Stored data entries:
++++++

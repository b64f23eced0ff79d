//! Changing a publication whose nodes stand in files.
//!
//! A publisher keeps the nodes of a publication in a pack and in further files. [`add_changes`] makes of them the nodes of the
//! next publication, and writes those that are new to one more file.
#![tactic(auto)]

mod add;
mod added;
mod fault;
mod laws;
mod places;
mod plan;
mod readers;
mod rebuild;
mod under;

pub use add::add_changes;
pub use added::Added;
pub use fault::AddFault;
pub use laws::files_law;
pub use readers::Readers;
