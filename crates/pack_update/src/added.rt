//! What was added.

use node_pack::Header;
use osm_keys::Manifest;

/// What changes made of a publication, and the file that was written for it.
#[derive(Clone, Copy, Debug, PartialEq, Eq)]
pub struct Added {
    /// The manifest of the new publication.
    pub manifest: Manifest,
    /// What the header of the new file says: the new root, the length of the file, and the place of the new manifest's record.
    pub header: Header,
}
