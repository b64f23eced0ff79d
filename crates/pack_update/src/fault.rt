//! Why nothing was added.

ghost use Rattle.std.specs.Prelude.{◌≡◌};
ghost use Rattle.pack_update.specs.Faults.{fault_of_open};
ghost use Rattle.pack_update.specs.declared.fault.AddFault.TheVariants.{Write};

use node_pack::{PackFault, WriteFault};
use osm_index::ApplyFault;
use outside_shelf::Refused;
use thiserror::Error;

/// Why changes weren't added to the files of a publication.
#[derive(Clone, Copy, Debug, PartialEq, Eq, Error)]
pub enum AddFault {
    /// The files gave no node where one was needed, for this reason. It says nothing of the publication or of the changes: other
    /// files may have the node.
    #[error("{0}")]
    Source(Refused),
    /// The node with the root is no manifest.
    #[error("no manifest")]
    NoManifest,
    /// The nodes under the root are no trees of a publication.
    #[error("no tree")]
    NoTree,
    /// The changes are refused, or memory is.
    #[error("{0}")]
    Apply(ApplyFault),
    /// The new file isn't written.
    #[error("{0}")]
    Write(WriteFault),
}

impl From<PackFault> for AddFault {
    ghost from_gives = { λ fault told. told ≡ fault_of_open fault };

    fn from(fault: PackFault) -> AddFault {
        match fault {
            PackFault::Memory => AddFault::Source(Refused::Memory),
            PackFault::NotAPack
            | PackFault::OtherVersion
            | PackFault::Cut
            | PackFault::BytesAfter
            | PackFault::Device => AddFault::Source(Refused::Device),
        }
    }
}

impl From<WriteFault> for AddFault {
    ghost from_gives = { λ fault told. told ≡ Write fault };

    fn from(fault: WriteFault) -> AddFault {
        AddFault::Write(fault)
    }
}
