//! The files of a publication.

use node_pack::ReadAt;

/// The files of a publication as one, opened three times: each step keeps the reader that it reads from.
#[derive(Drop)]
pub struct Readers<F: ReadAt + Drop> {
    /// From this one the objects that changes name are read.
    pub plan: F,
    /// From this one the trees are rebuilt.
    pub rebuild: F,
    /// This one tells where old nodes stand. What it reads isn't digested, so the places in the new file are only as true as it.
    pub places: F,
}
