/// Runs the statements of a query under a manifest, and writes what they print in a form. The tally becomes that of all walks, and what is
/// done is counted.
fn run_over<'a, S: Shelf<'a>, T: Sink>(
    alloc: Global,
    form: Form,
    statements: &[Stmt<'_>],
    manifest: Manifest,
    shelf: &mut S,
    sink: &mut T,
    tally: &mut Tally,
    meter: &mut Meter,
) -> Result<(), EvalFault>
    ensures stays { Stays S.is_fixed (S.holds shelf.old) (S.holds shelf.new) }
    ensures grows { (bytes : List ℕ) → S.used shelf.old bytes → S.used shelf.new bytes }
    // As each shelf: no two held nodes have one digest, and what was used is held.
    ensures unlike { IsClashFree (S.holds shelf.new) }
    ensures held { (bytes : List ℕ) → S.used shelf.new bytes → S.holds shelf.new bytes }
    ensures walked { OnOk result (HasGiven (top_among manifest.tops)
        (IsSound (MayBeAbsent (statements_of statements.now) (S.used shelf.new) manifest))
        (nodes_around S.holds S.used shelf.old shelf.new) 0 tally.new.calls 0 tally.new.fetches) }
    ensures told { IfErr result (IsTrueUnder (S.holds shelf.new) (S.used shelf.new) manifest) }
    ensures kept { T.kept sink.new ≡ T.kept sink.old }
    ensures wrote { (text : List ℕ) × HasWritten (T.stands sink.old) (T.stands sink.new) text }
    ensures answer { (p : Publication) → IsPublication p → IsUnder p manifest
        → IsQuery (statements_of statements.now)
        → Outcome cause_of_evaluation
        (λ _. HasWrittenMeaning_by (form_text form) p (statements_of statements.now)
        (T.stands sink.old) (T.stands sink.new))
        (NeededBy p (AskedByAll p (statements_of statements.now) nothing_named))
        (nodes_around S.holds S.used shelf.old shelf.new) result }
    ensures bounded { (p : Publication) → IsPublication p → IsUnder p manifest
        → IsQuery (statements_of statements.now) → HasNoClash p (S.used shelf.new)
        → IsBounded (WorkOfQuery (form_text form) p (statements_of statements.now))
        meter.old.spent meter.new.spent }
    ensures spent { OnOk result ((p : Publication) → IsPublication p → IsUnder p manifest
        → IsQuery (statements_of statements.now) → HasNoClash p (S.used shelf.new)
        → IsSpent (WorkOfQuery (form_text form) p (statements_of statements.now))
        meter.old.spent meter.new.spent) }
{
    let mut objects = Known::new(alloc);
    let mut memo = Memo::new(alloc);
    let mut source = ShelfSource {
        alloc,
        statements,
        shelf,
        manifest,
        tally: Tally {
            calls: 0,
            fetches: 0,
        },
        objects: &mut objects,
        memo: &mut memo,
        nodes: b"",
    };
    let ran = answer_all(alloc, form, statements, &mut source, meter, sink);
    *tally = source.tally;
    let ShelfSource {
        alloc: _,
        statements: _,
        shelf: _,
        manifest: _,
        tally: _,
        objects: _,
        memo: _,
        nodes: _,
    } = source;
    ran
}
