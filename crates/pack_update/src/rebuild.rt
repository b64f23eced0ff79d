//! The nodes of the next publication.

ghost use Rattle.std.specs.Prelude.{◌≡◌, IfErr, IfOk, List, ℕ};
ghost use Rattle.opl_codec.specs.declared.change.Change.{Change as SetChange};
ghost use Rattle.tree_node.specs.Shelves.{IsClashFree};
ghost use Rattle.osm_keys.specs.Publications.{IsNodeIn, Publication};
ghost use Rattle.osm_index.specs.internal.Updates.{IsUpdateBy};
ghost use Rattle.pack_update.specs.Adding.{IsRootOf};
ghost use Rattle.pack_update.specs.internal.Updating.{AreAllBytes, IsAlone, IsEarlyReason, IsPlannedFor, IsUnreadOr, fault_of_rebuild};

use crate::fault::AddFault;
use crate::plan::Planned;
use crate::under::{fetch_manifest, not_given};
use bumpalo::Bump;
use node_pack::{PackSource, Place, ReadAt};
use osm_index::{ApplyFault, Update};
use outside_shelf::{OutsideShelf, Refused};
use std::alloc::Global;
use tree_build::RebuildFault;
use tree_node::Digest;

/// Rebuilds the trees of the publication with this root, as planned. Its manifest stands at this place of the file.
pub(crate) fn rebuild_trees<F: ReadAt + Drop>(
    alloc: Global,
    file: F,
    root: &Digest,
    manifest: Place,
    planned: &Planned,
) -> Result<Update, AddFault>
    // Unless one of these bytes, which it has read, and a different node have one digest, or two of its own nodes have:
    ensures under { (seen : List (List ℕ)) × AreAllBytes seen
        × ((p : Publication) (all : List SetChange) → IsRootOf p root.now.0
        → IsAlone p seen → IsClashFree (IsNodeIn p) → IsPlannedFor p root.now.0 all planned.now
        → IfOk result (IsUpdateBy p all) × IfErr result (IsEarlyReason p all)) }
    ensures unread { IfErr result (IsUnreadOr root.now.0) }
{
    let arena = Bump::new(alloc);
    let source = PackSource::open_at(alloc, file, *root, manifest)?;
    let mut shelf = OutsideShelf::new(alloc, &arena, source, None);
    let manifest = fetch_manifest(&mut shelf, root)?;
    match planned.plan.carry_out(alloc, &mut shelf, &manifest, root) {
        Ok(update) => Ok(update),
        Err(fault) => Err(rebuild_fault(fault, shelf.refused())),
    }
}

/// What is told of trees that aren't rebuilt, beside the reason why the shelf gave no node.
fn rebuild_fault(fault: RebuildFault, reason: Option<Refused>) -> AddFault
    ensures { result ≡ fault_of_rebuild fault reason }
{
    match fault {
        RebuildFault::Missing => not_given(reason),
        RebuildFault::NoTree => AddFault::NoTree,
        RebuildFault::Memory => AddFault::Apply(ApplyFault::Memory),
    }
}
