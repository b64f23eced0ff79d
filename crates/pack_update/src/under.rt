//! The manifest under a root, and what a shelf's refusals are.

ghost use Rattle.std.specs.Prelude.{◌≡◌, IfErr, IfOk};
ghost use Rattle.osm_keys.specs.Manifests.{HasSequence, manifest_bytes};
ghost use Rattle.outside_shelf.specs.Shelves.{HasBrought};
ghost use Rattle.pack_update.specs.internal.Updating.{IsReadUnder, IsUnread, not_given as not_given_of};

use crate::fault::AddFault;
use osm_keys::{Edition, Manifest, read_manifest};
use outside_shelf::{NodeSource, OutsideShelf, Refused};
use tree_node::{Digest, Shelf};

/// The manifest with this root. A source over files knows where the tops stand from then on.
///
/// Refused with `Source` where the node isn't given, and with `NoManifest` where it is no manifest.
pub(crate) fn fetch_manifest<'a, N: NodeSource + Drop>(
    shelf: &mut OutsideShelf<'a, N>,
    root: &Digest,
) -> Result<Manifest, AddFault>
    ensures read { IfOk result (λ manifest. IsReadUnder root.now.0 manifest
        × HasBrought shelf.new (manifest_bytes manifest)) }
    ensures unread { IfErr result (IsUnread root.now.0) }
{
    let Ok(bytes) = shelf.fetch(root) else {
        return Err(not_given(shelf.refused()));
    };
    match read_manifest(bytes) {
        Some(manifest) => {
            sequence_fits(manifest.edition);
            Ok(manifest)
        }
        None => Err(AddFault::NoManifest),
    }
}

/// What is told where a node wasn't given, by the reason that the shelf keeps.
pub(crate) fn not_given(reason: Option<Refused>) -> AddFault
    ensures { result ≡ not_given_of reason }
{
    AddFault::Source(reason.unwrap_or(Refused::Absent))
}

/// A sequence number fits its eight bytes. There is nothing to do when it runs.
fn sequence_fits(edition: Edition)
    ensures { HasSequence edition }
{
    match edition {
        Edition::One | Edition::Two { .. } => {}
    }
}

++++++

Work to complete:
Repeat the entries above exactly, from the first line through the line containing "mod readers;".

Answer:
repository b64f23eced0ff79d
//! Changing a publication whose nodes stand in files.
//!
//! A publisher keeps the nodes of a publication in a pack and in further files. [`add_changes`] makes of them the nodes of the
//! next publication, and writes those that are new to one more file.
#![tactic(auto)]

mod add;
mod added;
mod fault;
mod laws;
mod places;
mod plan;
mod readers;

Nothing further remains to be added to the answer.